Rotor Spinning for Speciality Yarns

Spinning of Core Spun Yarns

•A simple method for the production of core spun yarns by the rotor spinning system is described by Neild & Ali .
• In this method, a feed tube positioned in the base of the rotor but in line with the axis of the doffing tube is used to feed the continuous-filamental core.
•The filamental- core component must be fed with a suitable tension, in the absence of which it will fly to the collecting surface of the rotor instead of remaining taut along the axis of the rotor.
•To start spinning, the staple fibre-yarn is pieced-up in the usual manner.

•The doffing tube is then made to rotate in the direction opposite to that of the rotor, & the continuous - filament core.

• Any type of material, including metallic wires of high torsional rigidities, can be used as cores to produce a core spun yarn .

• Thus the technique could be used for producing high insulation covered electrical flex.
•The possible advantages listed for producing core-spun yarns on a rotor spinning spinning are :-.
- –The core-spun yarn is more likely to retain all the strength contributed by the core component & the full length of the core component, since the continuous filaments are not twisted during spinning & will therefore not suffer twist contraction;
- –Since the evenness of the rotor spun yarns is better than that of equivalent ring spun structures, the evenness of rotor core spun yarns is expectedly better than that of equivalent ring core spun yarns;
- –The bulkiness of rotor core spun yarns should be greater than that of equivalent yarns spun on the conventional system ; thus a reduction in cloth set will be required to obtain the same cover from rotor core spun yarns;
- –The production rate of the rotor spinning machine , in terms of the yarn delivery rate, is higher than that of the ring spinning machine; Hence the production rates for rotor core spun yarns should also be greater than those for conventional systems; &.
- –The direct winding of the core spun yarn from the rotor onto cheeses or cones eliminates the rewinding process necessary for the conventional system & thus results in a significant cost reduction.
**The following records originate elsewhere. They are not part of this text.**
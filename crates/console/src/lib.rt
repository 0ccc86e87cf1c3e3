// What the programs share: a book is read from a file or from standard input, a text is printed on standard output, what went wrong is said on the error
// output, and the status of the call is told to the launcher on descriptor 3, while the program itself ends with 0.
#![tactic(auto)]

ghost use Rattle.std.specs.Prelude.{◌≡◌, ◌≤◌, length, IfOk, IsUtf8, MatchResult, OnOk};
ghost use Rattle.std.specs.Io.KnownBytes.{Appends};
ghost use Rattle.io.specs.Counts.{IsPrefixLen};

use listing::commands;
use listing::text::Text;
use std::env::FillError;
use std::fmt::InlineText;
use std::fs::{File, OpenOptions};
use std::io::{Error, ErrorKind, Read, Write};
use std::rt::Env;
use std::{str, thread};

// The descriptor that the status is told on.
const STATUS: i32 = 3;

// The statuses, each with the byte that it is told as: the answer is given, and the book or a number is refused. Where there is no answer none is told.
#[derive(Clone, Copy)]
pub enum Status {
    Served = b'0' as isize,
    Refused = b'1' as isize,
}

// The numbers that Linux gives to three errors: an argument that is missing, a name that is too long, and bytes that are no text. The programs print the
// system's words for them, which the library has for a number alone.
const MISSING: i32 = 22;

const TOO_LONG: i32 = 36;

const NO_TEXT: i32 = 84;

// Says something on the error output. A name among the words need not be text, so no macro can write it.
pub fn say(rt: &HostRuntime, words: &[u8]) {
    let _ = rt.stderr().write_all(words);
}

// Why a call failed, in the system's words. The number that the library puts after them is left out.
fn reason(text: &str) -> &str {
    match text.rsplit_once(" (os error ") {
        Some((words, _)) => words,
        None => text,
    }
}

// Says what failed, as the caller names it, and why.
pub fn fail(rt: &HostRuntime, what: &[u8], why: Error) {
    let text = InlineText::<256>::of(why);
    say(rt, what);
    say(rt, b": ");
    say(rt, reason(text.as_str()).as_bytes());
    say(rt, b"\n");
}

// Why a read or a write failed, unless it is to be made again: a signal came between, or nothing was ready yet. Others run first then.
fn again(why: Error) -> Result<(), Error> {
    match why.kind() {
        ErrorKind::Interrupted => Ok(()),
        ErrorKind::WouldBlock => {
            thread::yield_now();
            Ok(())
        }
        _ => Err(why),
    }
}

// What comes of a read that fails: why it did, and how many bytes of the space had come before.
#[derive(Clone, Copy)]
pub struct Unread {
    pub why: Error,
    pub len: usize,
}

// Where nothing was read.
impl From<Error> for Unread {
    ghost from_gives = { λ why u. (u.why ≡ why) × (u.len ≡ 0) };

    fn from(why: Error) -> Unread {
        Unread { why, len: 0 }
    }
}

// Reads until the input ends, a read fails, or the space is full: no later byte changes what is said of a book. Answers how many bytes came. A proved loop has to
// end, and nothing says that the input does: so the turns are counted, to a number that no run comes to.
// The answers below are numbers of bytes, and not the bytes, since `read_file` promises a number that fits the space (docs/PROMISES.md).
fn read_whole<R: Read>(reader: &mut R, space: &mut [u8]) -> Result<usize, Unread>
    ensures { MatchResult result (λ n. IsPrefixLen n space.new) (λ u. IsPrefixLen u.len space.new) }
{
    let mut len = 0;
    for turn in 0..u64::MAX {
        match reader.read(&mut space[len..]) {
            Ok(n) => {
                len += n;
                if n == 0 || len == space.len() {
                    return Ok(len);
                }
            }
            Err(why) => again(why).map_err(|why| Unread { why, len })?,
        }
    }
    Err(Unread {
        why: Error::from(ErrorKind::TimedOut),
        len,
    })
}

// Says that something cannot be read, and why.
fn cannot_read(rt: &HostRuntime, what: &[u8], name: &[u8], why: Error) {
    say(rt, b"gristvalley: ");
    say(rt, what);
    say(rt, b" is '");
    say(rt, name);
    fail(rt, b"', which cannot be read", why);
}

// Puts the bytes of argument i into the space, and answers how many they are; or why they are not there.
pub fn argument(rt: &HostRuntime, i: usize, space: &mut [u8]) -> Result<usize, Error>
    ensures { IfOk result (λ n. n ≤ length space.new) }
{
    rt.arg(i, space).map_err(|why| Error::from_raw_os_error(match why {
        FillError::NotPresent => MISSING,
        FillError::TooLong => TOO_LONG,
    }))
}

// A file's name as text, which the library wants it to be.
fn name_text(name: &[u8]) -> Result<&str, Error>
    ensures { MatchResult result (λ text. (text.now ≡ name.now) × IsUtf8 name.now) (λ why. ¬ (IsUtf8 name.now)) }
{
    str::from_utf8(name).map_err(|_| Error::from_raw_os_error(NO_TEXT))
}

// Opens a file or a folder to be read.
pub fn open_read(rt: &HostRuntime, name: &[u8]) -> Result<File, Error>
    ensures { IfOk result (λ file. IsUtf8 name.now) }
{
    let text = name_text(name)?;
    File::open(rt, text)
}

// Makes a new file, which nothing may have been called before, to be written.
pub fn create(rt: &HostRuntime, name: &[u8]) -> Result<File, Error>
    ensures { IfOk result (λ file. IsUtf8 name.now) }
{
    let text = name_text(name)?;
    OpenOptions::new()
        .write(true)
        .create_new(true)
        .open(rt, text)
}

// Reads the file that has the name.
fn read_named(rt: &HostRuntime, name: &[u8], space: &mut [u8]) -> Result<usize, Unread>
    ensures { MatchResult result (λ n. IsPrefixLen n space.new) (λ u. IsPrefixLen u.len space.new) }
{
    let mut file = open_read(rt, name)?;
    read_whole(&mut file, space)
}

// Reads the file that argument i names, which the sentence about a failure calls `what`. Answers how many bytes came; or why none count, and has said so.
pub fn read_file(rt: &HostRuntime, i: usize, what: &[u8], space: &mut [u8]) -> Result<usize, Unread>
    ensures { MatchResult result (λ n. IsPrefixLen n space.new) (λ u. IsPrefixLen u.len space.new) }
{
    let mut name = [0u8; 4096];
    let k = argument(rt, i, &mut name).inspect_err(|why| cannot_read(rt, what, b"", *why))?;
    let name = &name[..k];
    read_named(rt, name, space).inspect_err(|u| cannot_read(rt, what, name, u.why))
}

// Reads standard input, as `read_file` reads a file.
pub fn read_input(rt: &HostRuntime, space: &mut [u8]) -> Result<usize, Unread>
    ensures { MatchResult result (λ n. IsPrefixLen n space.new) (λ u. IsPrefixLen u.len space.new) }
{
    read_whole(&mut rt.stdin(), space).inspect_err(|u| fail(
        rt,
        b"gristvalley: standard input cannot be read",
        u.why,
    ))
}

// Writes all of the bytes, or answers why that was not done. The library's `write_all` fails where nothing is ready; here the write is made again.
pub fn put<W: Write>(writer: &mut W, bytes: &[u8]) -> Result<(), Error>
    ensures { OnOk result (Appends (W.contents writer.old) (W.contents writer.new) bytes.now) }
{
    let mut rest = bytes;
    for turn in 0..u64::MAX {
        if rest.is_empty() {
            return Ok(());
        }
        match writer.write(rest) {
            Ok(0) => return Err(Error::from(ErrorKind::WriteZero)),
            Ok(n) => rest = &rest[n..],
            Err(why) => again(why)?,
        }
    }
    Err(Error::from(ErrorKind::TimedOut))
}

// Prints a text, all of it, or answers why that was not done. Of a text that says more than its struct has nothing is printed.
fn print(rt: &HostRuntime, t: Text) -> Result<(), Error> {
    let bytes = t.bytes;
    let n = usize::from(t.len);
    if n > bytes.len() {
        return Err(Error::from(ErrorKind::InvalidData));
    }
    put(&mut rt.stdout(), &bytes[..n])
}

// Tells the launcher the status of the call, as its byte: any byte, since a narrower type would ask more of a caller.
pub fn tell(status: u8) {
    io::write_all(STATUS, &[status]);
}

// Prints an answer, and tells the status once all of it is written.
pub fn answer(rt: &HostRuntime, t: Text) {
    match print(rt, t) {
        Err(why) => fail(rt, b"gristvalley: the answer could not be printed", why),
        Ok(()) if commands::is_refusal(t) => tell(Status::Refused as u8),
        Ok(()) => tell(Status::Served as u8),
    }
}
Spinning of Multicomponent Yarns

•Multicomponent yarns consisting of two or more different yarns have been produced on modified rotor units , the aim being to spin a final yarn possessing all the desirable properties of the individual component yarns.
• Several problems have prevented the different techniques studied from progressing to at least the prototype stage.
•The major & the most common difficulty is the high yarn breakage rate that occurs in the rotor. The frequency of yarn breaks is unacceptably high even when continuous-filament yarn is used as one component.
•Not only is the yarn-breakage rate a problem, but the resultant yarn quality is also usually poor, since it is extremely difficult to achieve proper tension control of the yarn component yarns during spinning.
•With rotor spinning system, the Multicomponent yarn has a construction in which the staple fibre component is positioned at the centre & a continuous filament yarn is wrapped around it.
•The resulting yarn is claimed to possess the desirable properties of both spun yarn & continuous filament yarn.
•It is reported to have a good handle , similar to that of spun staple fibre yarns, & also an excellent resistance to abrasion as a result of continuous-filament wrapper.
• The yarn is claimed to be suitable for use in fabrics intended to be made into outer garments.

Spinning of Fancy Slub Yarns

•Fancy slub yarns can be produced on rotor spinning machines by varying the draft briefly in the sliver feed & opening roller system to give deliberately thick places in the yarn.
•In an alternative method, patented by pittman, slubs or thick & thin places are produced through twist variations by changing the delivery speed of the yarn as it leaves the rotor.
•The method produces a unique slub yarn, which has a portion of high twist adjacent to the slub in theyarn, which has lower yarn twist.
•A second technique based on twist variations as shown in fig. 1.
•The design of the system is such that the roving [12] is spun by rotor housed in [14]. The yarn leaves through doffing tube [18] & passes through rollers [21, 23] to be wound onto the bobbin [28].
•A lever [20] with a roller at its end [19] swings randomly up & down to lengthen & shorten the yarn between the doff tube [18] & rollers [ 21, 23], which thereby speeds up & slows down the yarn leaving the doff tube.